Rotating the upper and lower rotor parts 4a, 4b in opposite directions, as illustrated by arrows in Figs. 3 and 4, leads to the following effect under operating conditions. Rotation of the lower rotor part 4b generates a propulsion force which also generates a torque on the hull 2 of the vessel 1. The torque can be reduced by a counter force which is generated by the upper rotor part 4a which counter force acts on the upper rotor part 4a at a larger distance from the hull 2 than the propulsion force on the lower rotor part 4b. The counter force generated by the upper rotor part 4a which is lower than the propulsion force generated by the lower rotor part 4b may create a relatively large counter torque due to the larger distance from the hull 2 where the counter force acts. Consequently, a counter torque can be generated without significantly limiting the propulsion force.
The invention is not limited to the embodiment shown in the drawings and described hereinbefore, which may be varied in different manners within the scope of the claims and their technical equivalents. For example, the upper and lower vanes may be omitted. It is also conceivable that the Magnus rotor has one or more additional rotor parts which extend or are extendable above the upper rotor part and are drivable with respect to the upper rotor part at different rotational velocities and/or in opposite rotational directions about the axis of rotation.

Claims

A vessel (1), comprising a hull (2) and a Magnus rotor (4) which is mounted to the hull (2) and rotatable with respect to the hull (2) about an upwardly directed axis of rotation (5), wherein the Magnus rotor (4) has a lower rotor part (4b) and an upper rotor part (4a), characterized in that the upper rotor part (4a) and the lower rotor part (4b) are drivable with respect to the hull (2) at different rotational velocities and/or in opposite rotational directions about the axis of rotation (5).

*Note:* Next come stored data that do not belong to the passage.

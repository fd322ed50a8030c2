//! The polls of a counter source: when one is due, the sequence number that it takes, and the meter that it reads
//! (sFlow Version 5, section 5).
#![tactic(auto)]

pub mod laws;
mod list_meter;
mod meter;
mod poller;
#[cfg(test)]
mod tests;

pub use data_format::{Failed, SourceId};
pub use list_meter::ListMeter;
pub use meter::Meter;
pub use poller::{MeterFault, Polled, Poller};
pub use rec_counters::IfCounters;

A vessel (1) according to claim 1, wherein the upper rotor part (4a) and the lower rotor part (4b) are drivable independently from each other.
A vessel (1) according to claim 1 or 2, wherein the upper rotor part (4a) and the lower rotor (4b) part are moveable with respect to each other along the axis of rotation (5) .
A vessel (1) according to claim 3, wherein the upper rotor part (4a) and the lower rotor part (4b) are telescopically connected to each other.
A vessel (1) according to any one of the preceding claims, wherein the upper rotor part (4a) has a smaller diameter than the lower rotor part (4b).
A vessel (1) according to any one of the preceding claims, wherein next to the lower rotor part (4b) and the upper rotor part (4a) an oblong lower vane (6b) and an oblong upper vane (6a), respectively, are located, which lower and upper vanes (6a, 6b) extend parallel to the axis of rotation (5).
A vessel (1) according to claim 6, wherein the lower and upper vanes (6a, 6b) are movable in circumferential direction about the upper and lower rotor parts (4a, 4b), respectively.
A vessel (1) according to any one of the preceding claims, wherein the Magnus rotor (4) has one or more additional rotor parts which extend or are extendable above the upper rotor part (4a) and are drivable with respect to the upper rotor part (4a) at different rotational velocities and/or in opposite rotational directions about the axis of rotation (5).